I you care about peer review, the same CSI academic is the lead author of such a paper, which is a different in scope, but self-cites the aforementioned study. The latter paper's main thrust is that
argue instead that the UK’s vote to leave stems, at least in part, from
Britons’ comparatively weak sense of European identity.
And using various measures for that they e.g. have a graph like this:

Somewhat reflecting that, an early 2020 YouGov poll commissioned by "Best for Britain" (an org that campaigned pro-Remain) found that few in the UK were in favor of relaxing specific regulations post-Brexit. As I can't find the YouGov poll itself, I'll have to quote the press release of the org that sponsored it:
With reports this week that the EU will demand that Britain retains its ban on chlorinated chicken ahead of negotiations with the US over a trade deal, our poll shows that only one in ten people think Britain should seek to relax food and product safety standards from the current EU-set standards. Half of those who responded said they wanted to maintain current levels of regulation in this area (49%), while over a third thought the rules should be stricter (37%).
On the environment, where the EU fears regulatory divergence could lead to Britain undermining its flagship ‘Green New Deal’ programme, respondents were eager to see higher levels of regulation. While around a third of respondents said they would like standards kept the same (28%), twice as many people thought standards should be made stricter (57%).
Three-quarters of respondents said they thought labour market standards should be kept or made stricter, compared to just 11% who said standards should be relaxed.
The pro-Leave (or at least pro-free-market) camp attacked this poll on how it was worded:
Victoria Hewson of the free-market IEA think-tank said the polling was “misleading”, adding: [...] “If the poll had asked ‘Should the British Government or the EU decide on our laws?’ the answer to their questions may well have been different.
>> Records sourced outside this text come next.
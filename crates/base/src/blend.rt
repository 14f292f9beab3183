// The maps at a sunspot number, blended from their two planes.
ghost use Rattle.std.specs.Prelude.{◌≡◌, ℕ, ◌+◌, ◌*◌, ◌≤◌, length};
ghost use Rattle.base.specs.Fill.{fill};
ghost use Rattle.base.specs.Words.{FiniteRun};
ghost use Rattle.base.specs.Finite.{FiniteRecord, FiniteMonth};
ghost use Rattle.base.specs.MonthFile.{record_size, month_file_size};
ghost use Rattle.base.specs.Blend.{blend_of, blend_at, f2_weights, e_weights, height_weights, cofion_of, hmym_of, fakmap_of};

use crate::tables::{FAKMAP, XERCOF, XESLCF, XESMCF, XESUCF, XFM3CF, XPMAP};
use crate::words::{finite_word, read_floats};

// What the two planes of a map are weighed with, and the divisor.
#[derive(Clone, Copy)]
pub struct Weights {
    pub wa: f32,
    pub wb: f32,
    pub d: f32,
}

// The weights of the F2 and M3000 maps at a sunspot number s: 100 - s and s, with the divisor 100.
pub fn f2_weights(ssn: f32) -> Weights
    ensures { result ≡ f2_weights ssn }
{
    Weights {
        wa: 100.0 - ssn,
        wb: ssn,
        d: 100.0,
    }
}

// The weights of the Es and E maps at a sunspot number s: 150 - s and s - 10, with the divisor 140.
pub fn e_weights(ssn: f32) -> Weights
    ensures { result ≡ e_weights ssn }
{
    Weights {
        wa: 150.0 - ssn,
        wb: ssn - 10.0,
        d: 140.0,
    }
}

// The weights of the height map at a sunspot number s: 125 - s and s - 25, with the divisor 100.
pub fn height_weights(ssn: f32) -> Weights
    ensures { result ≡ height_weights ssn }
{
    Weights {
        wa: 125.0 - ssn,
        wb: ssn - 25.0,
        d: 100.0,
    }
}

fn blended(w: Weights, x0: f32, x1: f32) -> f32
    ensures { result ≡ blend_of w x0 x1 }
{
    (x0 * w.wa + x1 * w.wb) / w.d
}

// Two planes of `width` finite words each, one after the other from `at` on, blended into `out` from
// `base` on.
fn blend(s: &[u8], at: usize, width: usize, w: Weights, out: &mut [f32], base: usize)
    requires { (at ≤ 65536)
        × (width ≤ 65536)
        × (at + 8 * width ≤ length s.now)
        × (base + width ≤ length out.old)
        × FiniteRun s.now at (2 * width) }
    ensures { out.new ≡ fill (blend_at s.now at width w) base out.old width }
{
    for i in 0..width {
        let x0 = finite_word(s, at + 4 * i);
        let x1 = finite_word(s, at + 4 * (width + i));
        out[base + i] = blended(w, x0, x1);
    }
}

// How many coefficients each map has, as many as one of its planes has words.
const ESLCOF: usize = 275;

const ESMCOF: usize = 427;

const ESUCOF: usize = 275;

const F2COF: usize = 988;

const FM3COF: usize = 441;

const ERCOF: usize = 198;

// The numbers of a plane `P(29,16)`, 16 rows of 29: the height map and the land map are such
// planes.
pub const PLANE: usize = 464;

// Where each of the six maps starts among their coefficients.
const ESM_START: usize = ESLCOF;

const ESU_START: usize = ESM_START + ESMCOF;

const F2_START: usize = ESU_START + ESUCOF;

const FM3_START: usize = F2_START + F2COF;

const ER_START: usize = FM3_START + FM3COF;

// All of them.
pub const COFION: usize = ER_START + ERCOF;

// The coefficients of the six maps, one map after the other.
pub type SixMaps = [f32; COFION];

// The coefficients of the height map.
pub type HeightMap = [f32; PLANE];

// The words of the land map.
pub type LandMap = [f32; PLANE];

// The coefficients of the six maps at a sunspot number, from files that were checked.
pub(crate) fn cofion_of(f2: &[u8], month: &[u8], ssn: f32, out: &mut SixMaps)
    requires { (record_size ≤ length f2.now)
        × (month_file_size ≤ length month.now)
        × FiniteRecord f2.now
        × FiniteMonth month.now }
    ensures { out.new ≡ cofion_of f2.now month.now ssn }
{
    let wf = f2_weights(ssn);
    let we = e_weights(ssn);
    blend(month, XESLCF, ESLCOF, we, out, 0);
    blend(month, XESMCF, ESMCOF, we, out, ESM_START);
    blend(month, XESUCF, ESUCOF, we, out, ESU_START);
    blend(f2, 0, F2COF, wf, out, F2_START);
    blend(month, XFM3CF, FM3COF, wf, out, FM3_START);
    blend(month, XERCOF, ERCOF, we, out, ER_START);
}

// The coefficients of the height map at a sunspot number, from a file that was checked.
pub(crate) fn hmym_of(month: &[u8], ssn: f32, out: &mut HeightMap)
    requires { (month_file_size ≤ length month.now) × FiniteMonth month.now }
    ensures { out.new ≡ hmym_of month.now ssn }
{
    blend(month, XPMAP, PLANE, height_weights(ssn), out, 0);
}

// The words of the land map, of a file that was checked.
pub(crate) fn fakmap_of(month: &[u8], out: &mut LandMap)
    requires { (month_file_size ≤ length month.now) × FiniteMonth month.now }
    ensures { out.new ≡ fakmap_of month.now }
{
    read_floats(month, FAKMAP, out);
}
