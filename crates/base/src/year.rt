// A year file: twelve month files and both `.daw` files as parts of one, behind a directory of 14
// pairs of offset and length.
ghost use Rattle.std.specs.Prelude.{◌≡◌, ◌+◌, ◌^◌, ◌<◌, ◌≤◌, length};
ghost use Rattle.base.specs.MonthFile.{IsPart};
ghost use Rattle.base.specs.Year.{offset_at, length_at, end_at, floor_at, keeps_rules, year_check, pair_part, year_month, year_model};

use crate::ranges::{is_bit, is_month};
use crate::refusal::{Refusal, Verdict};
use crate::tables::Place;
use crate::words::word;

// The parts of a year file: months 1 to 12, then CCIR, then URSI.
pub const PARTS: usize = 14;

// The bytes of their pairs, with which the file starts.
pub const DIRECTORY: usize = 8 * PARTS;

// Where the part of pair k, counted from 0, starts.
fn offset(year: &[u8], k: usize) -> usize
    requires { k < 14 }
    ensures answer { result ≡ offset_at year.now k }
    ensures bound { result < 2 ^ 32 }
{
    word(year, 8 * k) as usize
}

// How many bytes it has.
fn size(year: &[u8], k: usize) -> usize
    requires { k < 14 }
    ensures answer { result ≡ length_at year.now k }
    ensures bound { result < 2 ^ 32 }
{
    word(year, 8 * k + 4) as usize
}

// Where it ends. Offset and length are u32, their sum need not be: it does not wrap.
fn end(year: &[u8], k: usize) -> usize
    requires { k < 14 }
    ensures { result ≡ end_at year.now k }
{
    offset(year, k) + size(year, k)
}

// Where the part of pair k may start at the earliest.
fn floor(year: &[u8], k: usize) -> usize
    requires { k < 14 }
    ensures { result ≡ floor_at year.now k }
{
    if k == 0 { DIRECTORY } else { end(year, k - 1) }
}

// Whether pair k, counted from 0, is wholly there and keeps its rules.
fn keeps_rules(year: &[u8], k: usize) -> bool
    requires { k < 14 }
    ensures { result ≡ keeps_rules year.now k }
{
    8 * k + 8 <= year.len()
        && floor(year, k) <= offset(year, k)
        && (k < PARTS - 1 || end(year, k) <= year.len())
}

// The verdict on a year file's directory: 19 with the lowest pair, 1 to 14, that is not wholly
// there or breaks a rule. What stands in the parts is not looked at.
pub fn year_check(year: &[u8]) -> Verdict
    ensures { result ≡ year_check year.now }
{
    for k in 0..PARTS {
        if !keeps_rules(year, k) {
            return Err(Refusal::Year(k as u32 + 1));
        }
    }
    Ok(())
}

// Where the part of pair k, counted from 0, lies: start and size in bytes, 0 and 0 where the pair is
// not wholly there or its part not within the file.
fn pair_place(year: &[u8], k: usize) -> Place
    requires { k < 14 }
    ensures start { result.start ≡ (pair_part year.now k).from }
    ensures size { result.size ≡ (pair_part year.now k).size }
    ensures within { result.start + result.size ≤ length year.now }
{
    if year.len() < 8 * k + 8 || year.len() < end(year, k) {
        return Place { start: 0, size: 0 };
    }
    Place {
        start: offset(year, k),
        size: size(year, k),
    }
}

// Where the month file of a month lies in a year file: start and size in bytes. 0 and 0 for a month
// outside 1 to 12, and where its pair is not wholly there or the part not within the file; whether
// the directory keeps its rules is for `year_check`.
pub fn month_place(year: &[u8], month: u32) -> Place
    ensures start { result.start ≡ (year_month year.now month).from }
    ensures size { result.size ≡ (year_month year.now month).size }
    ensures within { result.start + result.size ≤ length year.now }
{
    if is_month(month) {
        pair_place(year, month as usize - 1)
    } else {
        Place { start: 0, size: 0 }
    }
}

// Where the `.daw` file of a model, 0 CCIR and 1 URSI, lies in a year file, as `month_place` has
// it; 0 and 0 for any other word.
pub fn model_place(year: &[u8], model: u32) -> Place
    ensures start { result.start ≡ (year_model year.now model).from }
    ensures size { result.size ≡ (year_model year.now model).size }
    ensures within { result.start + result.size ≤ length year.now }
{
    if is_bit(model) {
        pair_place(year, 12 + model as usize)
    } else {
        Place { start: 0, size: 0 }
    }
}

// The month file of a month, the part of the year file at `month_place`.
pub fn year_month(year: &[u8], month: u32) -> &[u8]
    ensures { IsPart (year_month year.now month) year.entry result }
{
    let at = month_place(year, month);
    let a = at.start;
    let e = a + at.size;
    &year[a..e]
}

// The `.daw` file of a model, the part of the year file at `model_place`.
pub fn year_model(year: &[u8], model: u32) -> &[u8]
    ensures { IsPart (year_model year.now model) year.entry result }
{
    let at = model_place(year, model);
    let a = at.start;
    let e = a + at.size;
    &year[a..e]
}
Now that's not to say that specific segments of the UK public didn't take issue with
specific EU regulation areas. For example, there's a paper on the attitudes of Scottish
fishermen, who based on a sample (N = 69) overwhelmingly (93%) voted for Brexit
and had overwhelmingly negative attitudes towards anything EU. Somewhat ironically,
that paper/survey failed to ask the more specific question whether the Common Fisheries
Policy was at the core of this antipathy, but assumed citing a PhD thesis that it is so.